- [About this exercise]: Within this material, find every line where the string "Global" appears, and copy it out.

- [Source information]:

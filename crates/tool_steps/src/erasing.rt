// flash_erase, block after block.
ghost use Rattle.std.specs.Prelude.{◌≡◌, ◌+◌, ◌≤◌, ◌<◌, ◌^◌, suc, [], ◌∷◌};

use crate::replies::{tells_bad, was_done};
use crate::step::{State, Turn};
use nand_model::{Op, Outcome, Reply};

/// A block to which flash_erase has come, the number of blocks after it, and the counts before it.
#[derive(Clone, Copy)]
pub struct EraseAt {
    pub dev: u32,
    pub no_scan: bool,
    pub block: u32,
    pub rest: u32,
    pub erased: u64,
    pub bad: u64,
    pub failed: u64,
    ghost in_device: { block + rest < 2 ^ 32 },
    ghost counted: { erased + bad + failed ≤ block },
}

/// What flash_erase waits for.
#[derive(Clone, Copy)]
pub enum Erasing {
    /// Whether the block is bad.
    Scanning(EraseAt),
    /// The erase of the block.
    Erasing(EraseAt),
}

impl EraseAt {
    ghost use Rattle.command_model.specs.Command.{erase_blocks};
    ghost use Rattle.tool_steps.specs.Steps.{state_left};
    ghost use Rattle.tool_steps.specs.Erasing.{erasing_left};

    /// What comes first in the block: with `-N` it is erased without a question.
    pub fn first(self) -> Erasing
        ensures { erasing_left result
            ≡ erase_blocks self.dev self.no_scan (suc self.rest) self.block self.erased self.bad
            self.failed }
    {
        if self.no_scan {
            Erasing::Erasing(self)
        } else {
            Erasing::Scanning(self)
        }
    }

    // The next block, with these counts, or the end of the range.
    fn next(self, erased: u64, bad: u64, failed: u64) -> State<Erasing>
        requires { erased + bad + failed ≤ self.block + 1 }
        ensures { state_left erasing_left result
            ≡ erase_blocks self.dev self.no_scan self.rest (self.block + 1) erased bad failed }
    {
        if self.rest == 0 {
            return State::Over(Outcome::FlashErase {
                erased,
                bad,
                failed,
            });
        }
        let later = EraseAt {
            dev: self.dev,
            no_scan: self.no_scan,
            block: self.block + 1,
            rest: self.rest - 1,
            erased,
            bad,
            failed,
        };
        State::At(later.first())
    }
}

impl Erasing {
    ghost use Rattle.command_model.specs.Command.{Do, next_in, after_replies, count_or_rest, erase_blocks};
    ghost use Rattle.command_model.specs.Runnable.{ErasesBlocks};
    ghost use Rattle.tool_steps.specs.Steps.{state_left, TurnsTo};
    ghost use Rattle.tool_steps.specs.Erasing.{erasing_left};

    /// flash_erase at its start, of the blocks from `start` on, so many or all.
    pub fn start(dev: u32, blocks: u32, no_scan: bool, start: u32, count: u32) -> Erasing
        requires { ErasesBlocks blocks start count }
        ensures { erasing_left result
            ≡ erase_blocks dev no_scan (count_or_rest count start blocks) start 0 0 0 }
    {
        let all = if count == 0 { blocks - start } else { count };
        let at = EraseAt {
            dev,
            no_scan,
            block: start,
            rest: all - 1,
            erased: 0,
            bad: 0,
            failed: 0,
        };
        at.first()
    }

    /// The operation whose reply is waited for.
    pub fn op(self) -> Op
        ensures { next_in (erasing_left self) ≡ Do result }
    {
        match self {
            Erasing::Scanning(at) => Op::IsBad {
                dev: at.dev,
                block: at.block,
            },
            Erasing::Erasing(at) => Op::Erase {
                dev: at.dev,
                block: at.block,
            },
        }
    }

    /// Where the command stands after the reply.
    pub fn after(self, reply: &Reply) -> State<Erasing>
        ensures { state_left erasing_left result
            ≡ after_replies (reply.now ∷ []) (erasing_left self) }
    {
        match self {
            Erasing::Scanning(at) => {
                if tells_bad(reply) {
                    at.next(at.erased, at.bad + 1, at.failed)
                } else {
                    State::At(Erasing::Erasing(at))
                }
            }
            Erasing::Erasing(at) => {
                if was_done(reply) {
                    at.next(at.erased + 1, at.bad, at.failed)
                } else {
                    at.next(at.erased, at.bad, at.failed + 1)
                }
            }
        }
    }

    /// The command takes the reply.
    pub fn answered(&mut self, reply: &Reply) -> Turn
        ensures { TurnsTo result (erasing_left self.new)
            (after_replies (reply.now ∷ []) (erasing_left self.old)) }
    {
        match self.after(reply) {
            State::At(later) => {
                *self = later;
                Turn::Ask(later.op())
            }
            State::Over(outcome) => Turn::End(outcome),
        }
    }
}
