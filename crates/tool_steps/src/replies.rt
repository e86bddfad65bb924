// What replies mean to a command.
ghost use Rattle.std.specs.Prelude.{◌≡◌};
ghost use Rattle.command_model.specs.Command.{is_done, says_bad, stats_outcome};

use nand_model::{Outcome, Reply};

// The operation was done.
pub fn was_done(reply: &Reply) -> bool
    ensures { result ≡ is_done reply.now }
{
    matches!(reply, Reply::Done)
}

// The block was said to be bad.
pub fn tells_bad(reply: &Reply) -> bool
    ensures { result ≡ says_bad reply.now }
{
    match reply {
        Reply::State(state) => *state != 0,
        _ => false,
    }
}

// The statistics that were answered, or zeros.
pub fn counted(reply: &Reply) -> Outcome
    ensures { result ≡ stats_outcome reply.now }
{
    match reply {
        Reply::Counts {
            corrected,
            failed,
            bad,
        } => Outcome::Stats {
            corrected: *corrected,
            failed: *failed,
            bad: u64::from(*bad),
        },
        _ => Outcome::Stats {
            corrected: 0,
            failed: 0,
            bad: 0,
        },
    }
}
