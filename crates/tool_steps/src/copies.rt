// Bytes that a command copies: units, images, bodies and replies.
ghost use Rattle.std.specs.Prelude.{◌≡◌, ◌≤◌, ◌<◌, ◌+◌, ◌-◌, ◌^◌, ◌++◌, length, take, drop, replicate, IfOk};
ghost use Rattle.command_model.specs.Command.{block_size, unit_size};
ghost use Rattle.command_model.specs.NandTest.{body_read};

use nand_model::{Bytes, Geometry, Reply};
use std::alloc::{AllocError, Global};

// These bytes, and then 0xFF up to so many.
pub fn padded(alloc: Global, bytes: &[u8], len: usize) -> Result<Bytes, AllocError>
    requires { length bytes.now ≤ len }
    ensures { IfOk result (λ b. b ≡ bytes.now ++ replicate (len - length bytes.now) 0xff) }
{
    with_erased(alloc, bytes, len - bytes.len())
}

// These bytes, and then so many 0xFF.
pub fn with_erased(alloc: Global, bytes: &[u8], more: usize) -> Result<Bytes, AllocError>
    ensures { IfOk result (λ b. b ≡ bytes.now ++ replicate more 0xff) }
{
    let mut all = Bytes::from_slice(alloc, bytes)?;
    let erased = Bytes::filled(alloc, 0xff, more)?;
    all.push_slice(erased.as_slice())?;
    Ok(all)
}

// The body of a page image, or all of a shorter one.
pub fn body_of(alloc: Global, image: &[u8], page: u32) -> Result<Bytes, AllocError>
    ensures { IfOk result (λ b. b ≡ take page image.now) }
{
    let len = image.len().min(page as usize);
    Bytes::from_slice(alloc, &image[..len])
}

// The body in a reply; no bytes where it is not a page.
pub fn page_body<'a>(g: &Geometry, reply: &'a Reply) -> &'a [u8]
    ensures { result.now ≡ body_read g.now reply.now }
{
    match reply {
        Reply::Page { image, .. } => {
            let image = image.as_slice();
            &image[..image.len().min(g.page as usize)]
        }
        _ => &[],
    }
}

// A copy of a reply.
pub fn copy_of(alloc: Global, reply: &Reply) -> Result<Reply, AllocError>
    ensures { IfOk result (λ copy. copy ≡ reply.now) }
{
    Ok(match reply {
        Reply::Done => Reply::Done,
        Reply::OutOfRange => Reply::OutOfRange,
        Reply::BadBlock => Reply::BadBlock,
        Reply::MarkerByte => Reply::MarkerByte,
        Reply::ProgramFailed => Reply::ProgramFailed,
        Reply::EraseFailed => Reply::EraseFailed,
        Reply::MarkerFailed => Reply::MarkerFailed,
        Reply::TableFailed(which) => Reply::TableFailed(*which),
        Reply::Reserved => Reply::Reserved,
        Reply::Copies(copies) => Reply::Copies(*copies),
        Reply::State(state) => Reply::State(*state),
        Reply::Counts {
            corrected,
            failed,
            bad,
        } => Reply::Counts {
            corrected: *corrected,
            failed: *failed,
            bad: *bad,
        },
        Reply::Page { kind, read, image } => Reply::Page {
            kind: *kind,
            read: *read,
            image: Bytes::from_slice(alloc, image.as_slice())?,
        },
    })
}

// At most `len` of these bytes, from `from` on.
pub fn part_of(bytes: &[u8], from: usize, len: usize) -> &[u8]
    requires { from + len < 2 ^ 64 }
    ensures { result.now ≡ take len (drop from bytes.now) }
{
    let first = from.min(bytes.len());
    let end = (from + len).min(bytes.len());
    &bytes[first..end]
}

// The bytes of a page that a command handles: its body, with `-o` its spare too.
pub fn unit_len(g: &Geometry, oob: bool) -> u32
    ensures { result ≡ unit_size g.now oob }
{
    if oob { g.raw_len() } else { g.page }
}

// The bytes of the bodies of a block.
pub fn block_len(g: &Geometry) -> u64
    ensures { result ≡ block_size g.now }
{
    u64::from(g.pages_per_block) * u64::from(g.page)
}
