//! The commands of mtd-utils as operations that are resumed at each reply, and a controller's part
//! of a boot.
#![tactic(auto)]

mod bodies;
mod boot;
mod bound;
mod copies;
mod dumping;
mod erasing;
mod ranges;
mod replies;
mod step;
mod testing;
mod tool;
mod work;
mod writing;

pub use boot::{ControllerBoot, FlashList, Schedule};
pub use bound::{cost, has_operation};
pub use nand_model::{BadMode, Command, Ending, Outcome};
pub use step::Step;
pub use tool::Tool;
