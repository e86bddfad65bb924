// nandtest, pass after pass, block after block and page after page.
ghost use Rattle.std.specs.Prelude.{◌≡◌, ◌+◌, ◌-◌, ◌*◌, ◌≤◌, ◌<◌, ◌++◌, suc, ℕ, List, [], ◌∷◌, replicate, ◌^◌, IfOk, OnErr};
ghost use Rattle.nand_model.specs.Sizes.{parity_start};

use crate::bodies::{is_test_body, kept_body, test_body};
use crate::copies::{block_len, page_body};
use crate::ranges::blocks_in_range;
use crate::replies::tells_bad;
use crate::step::{State, Turn};
use nand_model::{Bytes, Geometry, Op, Outcome, PageRead, Reply};
use std::alloc::{AllocError, Global};

/// How nandtest was called.
#[derive(Clone, Copy)]
pub struct Called {
    pub dev: u32,
    pub keep: bool,
    pub mark: bool,
    pub seed: u64,
    pub passes: u32,
}

/// The counts of nandtest so far.
#[derive(Clone, Copy)]
pub struct Counts {
    pub blocks: u64,
    pub bad: u64,
    pub worn: u64,
    pub mismatched: u64,
    pub corrected: u64,
    pub failed: u64,
}

/// How far nandtest has come: the first block of its range and their number, the passes after this
/// one, the block, and the blocks after it in its pass.
#[derive(Clone, Copy)]
pub struct Walk {
    pub called: Called,
    pub first: u32,
    pub count: u32,
    pub passes: u32,
    pub block: u32,
    pub rest: u32,
    ghost passes_left: { passes < called.passes },
    ghost some: { 1 ≤ count },
    ghost range: { first + count ≤ 32768 },
    ghost in_device: { block + rest < 32768 },
}

/// A block to which nandtest has come, and the counts so far.
#[derive(Clone, Copy)]
pub struct BlockAt {
    pub walk: Walk,
    pub counts: Counts,
}

/// A page to which nandtest has come: its place in the block, and the pages after it there.
#[derive(Clone, Copy)]
pub struct PageAt {
    pub at: BlockAt,
    pub place: u32,
    pub rest: u32,
    ghost in_block: { place + rest < 128 },
}

/// Which bodies are written to a block.
#[derive(Clone, Copy)]
pub enum Bodies {
    /// Those of the pass.
    OfThePass,
    /// With `-k`, those that the block had before.
    Kept,
}

/// What nandtest waits for.
#[derive(Clone, Copy)]
pub enum Place {
    /// Whether the block is bad.
    Looking(BlockAt),
    /// The read of a page whose body is kept.
    Keeping(PageAt),
    /// The erase of the block, before these bodies are written.
    Erasing(BlockAt, Bodies),
    /// The write of one of these bodies to the page.
    Writing(PageAt, Bodies),
    /// The read of a page that is compared, and whether one before it in the block differed.
    Comparing(PageAt, bool),
    /// The mark of the block, which is worn.
    Marking(BlockAt),
}

/// nandtest under way: where it stands, and the bodies of the block that it has kept, one after the
/// other.
#[derive(Drop)]
pub struct Testing {
    pub place: Place,
    pub kept: Bytes,
}

impl Counts {
    ghost use Rattle.command_model.specs.NandTest.{counted, with_test_read, with_page_compared};
    ghost use Rattle.tool_steps.specs.Testing.{counts_of};

    // The counts with the page of a reply.
    fn with_page(self, reply: &Reply) -> Counts
        ensures { counts_of result ≡ with_test_read (counts_of self) reply.now }
    {
        match reply {
            Reply::Page { read, .. } => self.with_read(*read),
            _ => self,
        }
    }

    // The counts with a page that was read.
    fn with_read(self, read: PageRead) -> Counts
        ensures { counts_of result ≡ record (counts_of self) {
          corrected = counted self.corrected read.corrected;
          failed = counted self.failed read.failed;
        } }
    {
        Counts {
            corrected: self.corrected.saturating_add(u64::from(read.corrected)),
            failed: self.failed.saturating_add(u64::from(read.failed)),
            ..self
        }
    }

    // The counts with the page of a reply, whose body was compared.
    fn with_compared(self, differs: bool, reply: &Reply) -> Counts
        ensures { counts_of result ≡ with_page_compared (counts_of self) differs reply.now }
    {
        let counts = Counts {
            mismatched: self.mismatched.saturating_add(u64::from(differs)),
            ..self
        };
        counts.with_page(reply)
    }
}
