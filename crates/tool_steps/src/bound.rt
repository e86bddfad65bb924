// How many operations a command takes at most.
ghost use Rattle.std.specs.Prelude.{◌≡◌, [], ◌+◌, ◌-◌, ◌/◌, ◌*◌, ◌^◌, ◌<◌, ◌≤◌, if◌then◌else◌, not};
ghost use Rattle.nand_model.specs.declared.geometry.Geometry.{Geometry as Sizes};
ghost use Rattle.command_model.specs.Command.{block_size, blocks_touched, cost_of, next_step, unit_count};
ghost use Rattle.command_model.specs.Cost.{troubled_blocks};
ghost use Rattle.command_model.specs.Laws.{CommandsEnd};
ghost use Rattle.command_model.specs.Runnable.{DumpsPages, Fits, TestsBlocks, WritesPages};
ghost use Rattle.command_model.specs.Command.{command_blocks};
ghost use Rattle.tool_steps.specs.Ranges.{range_blocks, range_pages};
ghost use Rattle.tool_steps.specs.Steps.{asks_something, is_over, EndsAtLast};

use crate::copies::{block_len, unit_len};
use crate::ranges::{blocks_in_range, pages_in_range};
use nand_model::{Command, Geometry, Part};

/// Whether a command asks for an operation: false exactly for a nandwrite of no data. It takes no
/// memory.
pub fn has_operation(command: &Command) -> bool
    ensures asked { result ≡ asks_something command.now }
    ensures first { (g : Sizes) → Fits g command.now → result
        ≡ not (is_over (next_step g command.now [])) }
{
    match command {
        Command::NandWrite { bytes, .. } => !bytes.as_slice().is_empty(),
        Command::FlashErase { .. } => true,
        Command::NandDump { .. } => true,
        Command::NandTest { .. } => true,
        Command::MarkBad { .. } => true,
        Command::IsBad { .. } => true,
        Command::Stats { .. } => true,
    }
}

/// The most operations that a command takes, where at most `weak` of its written pages fail or are
/// refused.
///
/// For a nandwrite with the number of the device's blocks from the one of its offset on as `weak`
/// it bounds the operations whatever the replies are.
pub fn cost(command: &Command, g: &Geometry, part: &Part, weak: u32) -> u64
    requires runs { Fits g.now command.now }
    requires blocks { command_blocks command.now ≡ part.now.count }
    ensures bound { result ≡ cost_of g.now command.now weak }
    ensures ends { CommandsEnd g.now command.now }
    ensures ends_at_last { EndsAtLast g.now command.now (troubled_blocks g.now command.now) }
{
    most(command, g, part.count, weak)
}

// The bound, by command.
fn most(command: &Command, g: &Geometry, blocks: u32, weak: u32) -> u64
    requires runs { Fits g.now command.now }
    requires blocks { command_blocks command.now ≡ blocks }
    ensures { result ≡ cost_of g.now command.now weak }
{
    match command {
        Command::FlashErase { start, count, .. } => {
            let blocks = if *count == 0 { blocks - *start } else { *count };
            2 * u64::from(blocks)
        }
        Command::NandWrite {
            oob,
            off,
            bytes,
            ..
        } => {
            write_cost(g, blocks, *oob, *off, bytes.as_slice())
                + trouble_cost(g.pages_per_block, weak)
        }
        Command::NandDump { off, len, .. } => dump_cost(g, blocks, *off, *len),
        Command::IsBad { .. } | Command::MarkBad { .. } | Command::Stats { .. } => 1,
        Command::NandTest {
            keep,
            passes,
            off,
            len,
            ..
        } => test_cost(g, blocks, *passes, *off, *len, *keep),
    }
}

// The operations of a nandwrite without trouble: a question for each block, and a write of each
// unit.
fn write_cost(g: &Geometry, blocks: u32, oob: bool, off: u64, bytes: &[u8]) -> u64
    requires { WritesPages g.now blocks off bytes.now }
    ensures cost { result ≡ (blocks - off / block_size g.now) + unit_count g.now oob bytes.now }
    ensures small { result < 2 ^ 40 }
{
    let len = u64::from(unit_len(g, oob));
    u64::from(blocks) - off / block_len(g) + (bytes.len() as u64 + (len - 1)) / len
}

// The operations that the troubles of a nandwrite cost: the rest of a block, with its erase and its
// mark, is written again in another one.
fn trouble_cost(pages_per_block: u32, weak: u32) -> u64
    requires { pages_per_block ≤ 128 }
    ensures cost { result ≡ (pages_per_block + 2) * weak }
    ensures small { result < 2 ^ 40 }
{
    (u64::from(pages_per_block) + 2) * u64::from(weak)
}

// The operations of a nanddump: a question for each block that it touches, and a read of each page.
fn dump_cost(g: &Geometry, blocks: u32, off: u64, len: u64) -> u64
    requires { DumpsPages g.now blocks off len }
    ensures { let pages = range_pages g.now blocks off len in
        result ≡ pages + blocks_touched g.now pages (off / g.now.page) }
{
    let pages = u64::from(pages_in_range(g, blocks, off, len));
    let first = off / u64::from(g.page);
    let per_block = u64::from(g.pages_per_block);
    pages + ((first + pages + (per_block - 1)) / per_block - first / per_block)
}

// The operations of a nandtest: for each block in each pass a question, an erase, a write and a
// read of each page, and a mark; with `-k` a read of each page before, and an erase and a write of
// each page after.
fn test_cost(g: &Geometry, blocks: u32, passes: u32, off: u64, len: u64, keep: bool) -> u64
    requires { TestsBlocks g.now blocks passes off len }
    ensures { let count = range_blocks g.now blocks off len in
        result ≡ passes * count * (2 * g.now.pages_per_block + 3)
        + (if keep then passes * count * (2 * g.now.pages_per_block + 1) else 0) }
{
    let tests = tests_of(passes, blocks_in_range(g, blocks, off, len));
    let pages = u64::from(g.pages_per_block);
    let for_keeping = if keep {
        tests_cost(tests, 2 * pages + 1)
    } else {
        0
    };
    tests_cost(tests, 2 * pages + 3) + for_keeping
}

// How often a block is tested.
fn tests_of(passes: u32, blocks: u32) -> u64
    requires { blocks ≤ 32768 }
    ensures tests { result ≡ passes * blocks }
    ensures few { result < 2 ^ 47 }
{
    u64::from(passes) * u64::from(blocks)
}

// The operations of so many tests of a block.
fn tests_cost(tests: u64, each: u64) -> u64
    requires tests { tests < 2 ^ 47 }
    requires each { each ≤ 259 }
    ensures cost { result ≡ tests * each }
    ensures small { result < 2 ^ 56 }
{
    tests * each
}
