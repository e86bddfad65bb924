// Where a command stands between two replies.
ghost use Rattle.std.specs.Prelude.{◌≡◌, [], ◌∷◌, IfOk, OnErr};

use crate::copies::copy_of;
use crate::dumping::Dumping;
use crate::erasing::Erasing;
use crate::replies::counted;
use crate::step::{State, Turn};
use crate::testing::Testing;
use crate::writing::Writing;
use nand_model::{Geometry, Op, Outcome, Reply};
use std::alloc::{AllocError, Global};

/// A command that is not over, and what it waits for.
#[derive(Drop)]
pub enum Work {
    /// flash_erase.
    Erasing(Erasing),
    /// nandwrite.
    Writing(Writing),
    /// nanddump.
    Dumping(Dumping),
    /// nandtest.
    Testing(Testing),
    /// markbad: the mark of a block.
    Marking { dev: u32, block: u32 },
    /// isbad: the state of a block.
    Asking { dev: u32, block: u32 },
    /// stats: the statistics of a device.
    Counting { dev: u32 },
}

impl Work {
    ghost use Rattle.command_model.specs.Command.{Do, after_replies, next_in};
    ghost use Rattle.tool_steps.specs.Steps.{is_over, TurnsTo};
    ghost use Rattle.tool_steps.specs.Work.{work_left};

    /// The operation whose reply is waited for.
    pub fn op(&self, alloc: Global, g: &Geometry) -> Result<Op, AllocError>
        ensures { IfOk result (λ op. next_in (work_left g.now self.now) ≡ Do op) }
    {
        match self {
            Work::Erasing(erasing) => Ok(erasing.op()),
            Work::Writing(writing) => writing.op(alloc, g),
            Work::Dumping(dumping) => Ok(dumping.op(g)),
            Work::Testing(testing) => testing.op(alloc, g),
            Work::Marking { dev, block } => Ok(Op::Mark {
                dev: *dev,
                block: *block,
            }),
            Work::Asking { dev, block } => Ok(Op::IsBad {
                dev: *dev,
                block: *block,
            }),
            Work::Counting { dev } => Ok(Op::Stats { dev: *dev }),
        }
    }

    /// The command takes the reply. Where memory runs out, it is as before.
    pub fn answered(
        &mut self,
        alloc: Global,
        g: &Geometry,
        reply: &Reply,
    ) -> Result<Turn, AllocError>
        ensures turn { IfOk result (λ turn. TurnsTo turn (work_left g.now self.new)
            (after_replies (reply.now ∷ []) (work_left g.now self.old))) }
        ensures no_memory { OnErr result (self.new ≡ self.old) }
    {
        match self {
            Work::Erasing(erasing) => Ok(erasing.answered(reply)),
            Work::Writing(writing) => writing.answered(alloc, g, reply),
            Work::Dumping(dumping) => dumping.answered(alloc, g, reply),
            Work::Testing(testing) => testing.answered(alloc, g, reply),
            Work::Marking { .. } => Ok(Turn::End(Outcome::MarkBad {
                reply: copy_of(alloc, reply)?,
            })),
            Work::Asking { .. } => Ok(Turn::End(Outcome::IsBad {
                reply: copy_of(alloc, reply)?,
            })),
            Work::Counting { .. } => Ok(Turn::End(counted(reply))),
        }
    }

    /// Whether the command is over after the reply. It takes no memory.
    pub fn ends_at(&self, g: &Geometry, reply: &Reply) -> bool
        ensures { result
            ≡ is_over (next_in (after_replies (reply.now ∷ []) (work_left g.now self.now))) }
    {
        match self {
            Work::Erasing(erasing) => matches!(erasing.after(reply), State::Over(_)),
            Work::Writing(writing) => writing.ends_at(g, reply),
            Work::Dumping(dumping) => dumping.place.ends_at(reply),
            Work::Testing(testing) => testing.place.ends_at(g, reply),
            Work::Marking { .. } | Work::Asking { .. } | Work::Counting { .. } => true,
        }
    }
}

- [Answer box]:
use std::alloc::{AllocError, Global};
pub fn padded(alloc: Global, bytes: &[u8], len: usize) -> Result<Bytes, AllocError>
pub fn with_erased(alloc: Global, bytes: &[u8], more: usize) -> Result<Bytes, AllocError>
pub fn body_of(alloc: Global, image: &[u8], page: u32) -> Result<Bytes, AllocError>
pub fn copy_of(alloc: Global, reply: &Reply) -> Result<Reply, AllocError>
use std::alloc::{AllocError, Global};
use std::alloc::{AllocError, Global};
    pub fn op(&self, alloc: Global, g: &Geometry) -> Result<Op, AllocError>
        alloc: Global,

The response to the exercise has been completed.